▶ Prompt: Each line of the listing that contains the word "struct" is to be copied.

▶ Data:
Segment Open

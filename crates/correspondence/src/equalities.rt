//! The clauses that say that the latches of a class are equal.

ghost use Rattle.std.specs.Prelude.{◌≡◌, ◌<◌, ◌≤◌, ◌+◌, ◌*◌, [], All, OnOk, IfOk, length};
ghost use Rattle.graph.specs.declared.parts.Parts.{Parts};
ghost use Rattle.correspondence.specs.Equal.{high_of, low_of, IsEquality};

use base::{Refused, Seq, push};
use graph::{Latch, Lit, Model};
use latch_classes::Classes;
use std::alloc::Global;

/// What a clause is about: the latch at a position, and its class.
#[derive(Clone, Copy)]
pub(crate) struct Member {
    pub place: usize,
    pub class: usize,
}

/// Clauses that say that the latches of each class are equal, and those of the first class false.
#[derive(Drop)]
pub(crate) struct Equalities {
    pub clauses: Seq<Seq<Lit>>,
    /// what each clause is about
    pub members: Vec<Member>,
}

/// The literal of a latch that is reset to 0 or 1 which is false at first.
fn low(latch: Latch) -> Lit
    requires { latch.lit.0 < 4294967295 }
    ensures { result ≡ low_of latch }
{
    if latch.reset.0 == 1 {
        Lit(latch.lit.0 + 1)
    } else {
        latch.lit
    }
}

/// The literal of a latch that is reset to 0 or 1 which is true at first.
fn high(latch: Latch) -> Lit
    requires { latch.lit.0 < 4294967295 }
    ensures { result ≡ high_of latch }
{
    if latch.reset.0 == 1 {
        latch.lit
    } else {
        Lit(latch.lit.0 + 1)
    }
}

/// Adds the clause that the latch keeps its first value.
fn push_constant(
    alloc: Global,
    circuit: &Model,
    clauses: &mut Seq<Seq<Lit>>,
    place: usize,
) -> Result<bool, Refused>
    requires place { place < length circuit.now.latches }
    requires all { All (IsEquality circuit.now) clauses.old }
    ensures all { OnOk result (All (IsEquality circuit.now) clauses.new) }
    ensures few { OnOk result (length clauses.new ≤ length clauses.old + 1) }
{
    circuit.well_formed();
    let latch = circuit.latches()[place];
    if latch.reset.0 >= 2 {
        return Ok(false);
    }
    clauses.push(Seq::from_slice(alloc, &[high(latch)])?)?;
    Ok(true)
}

/// Adds the clause that a latch keeps its first value where another does.
fn push_implication(
    alloc: Global,
    circuit: &Model,
    clauses: &mut Seq<Seq<Lit>>,
    place: usize,
    lead: usize,
) -> Result<bool, Refused>
    requires place { place < length circuit.now.latches }
    requires lead { lead < length circuit.now.latches }
    requires all { All (IsEquality circuit.now) clauses.old }
    ensures all { OnOk result (All (IsEquality circuit.now) clauses.new) }
    ensures few { OnOk result (length clauses.new ≤ length clauses.old + 1) }
{
    circuit.well_formed();
    let latch = circuit.latches()[place];
    let other = circuit.latches()[lead];
    if latch.reset.0 >= 2 || latch.lit.variable() == other.lit.variable() {
        return Ok(false);
    }
    clauses.push(Seq::from_slice(alloc, &[high(latch), low(other)])?)?;
    Ok(true)
}

impl Equalities {
    /// The allocator of the clauses.
    pub(crate) fn allocator(&self) -> Global {
        *self.members.allocator()
    }

    /// None yet.
    fn new(alloc: Global) -> Equalities
        ensures all { (m : Parts) → All (IsEquality m) result.clauses }
        ensures none { result.clauses ≡ [] }
    {
        Equalities {
            clauses: Seq::new(alloc),
            members: Vec::new(alloc),
        }
    }

    /// Adds that the latch is constant.
    fn add_constant(
        &mut self,
        alloc: Global,
        circuit: &Model,
        member: Member,
    ) -> Result<(), Refused>
        requires all { All (IsEquality circuit.now) self.old.clauses }
        ensures all { OnOk result (All (IsEquality circuit.now) self.new.clauses) }
        ensures few { OnOk result (length self.new.clauses ≤ length self.old.clauses + 2) }
    {
        let place = member.place;
        if place < circuit.latches().len()
            && push_constant(alloc, circuit, &mut self.clauses, place)?
        {
            push(&mut self.members, member)?;
        }
        Ok(())
    }

    /// Adds that the latch is equal to another.
    fn add_pair(
        &mut self,
        alloc: Global,
        circuit: &Model,
        member: Member,
        lead: usize,
    ) -> Result<(), Refused>
        requires all { All (IsEquality circuit.now) self.old.clauses }
        ensures all { OnOk result (All (IsEquality circuit.now) self.new.clauses) }
        ensures few { OnOk result (length self.new.clauses ≤ length self.old.clauses + 2) }
    {
        let place = member.place;
        if place >= circuit.latches().len() || lead >= circuit.latches().len() {
            return Ok(());
        }
        if push_implication(alloc, circuit, &mut self.clauses, place, lead)? {
            push(&mut self.members, member)?;
        }
        if push_implication(alloc, circuit, &mut self.clauses, lead, place)? {
            push(&mut self.members, member)?;
        }
        Ok(())
    }

    /// Adds what the latch's class says of it.
    fn add(
        &mut self,
        alloc: Global,
        circuit: &Model,
        classes: &Classes,
        place: usize,
    ) -> Result<(), Refused>
        requires all { All (IsEquality circuit.now) self.old.clauses }
        ensures all { OnOk result (All (IsEquality circuit.now) self.new.clauses) }
        ensures few { OnOk result (length self.new.clauses ≤ length self.old.clauses + 2) }
    {
        let Some(class) = classes.class_of(place) else {
            return Ok(());
        };
        let member = Member { place, class };
        match classes.lead_of(class) {
            None => self.add_constant(alloc, circuit, member),
            Some(lead) => self.add_pair(alloc, circuit, member, lead),
        }
    }

    /// The clauses of the classes, at most two for each latch.
    pub(crate) fn of(
        alloc: Global,
        circuit: &Model,
        classes: &Classes,
    ) -> Result<Equalities, Refused>
        ensures all { IfOk result (λ e. All (IsEquality circuit.now) e.clauses) }
        ensures few { IfOk result (λ e. length e.clauses ≤ 2 * length circuit.now.latches) }
    {
        let mut equalities = Equalities::new(alloc);
        for place in 0..circuit.latches().len() {
            equalities.add(alloc, circuit, classes, place)?;
        }
        Ok(equalities)
    }
}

Segment Closed

▶ Result of this task:
pub(crate) struct Member {
pub(crate) struct Equalities {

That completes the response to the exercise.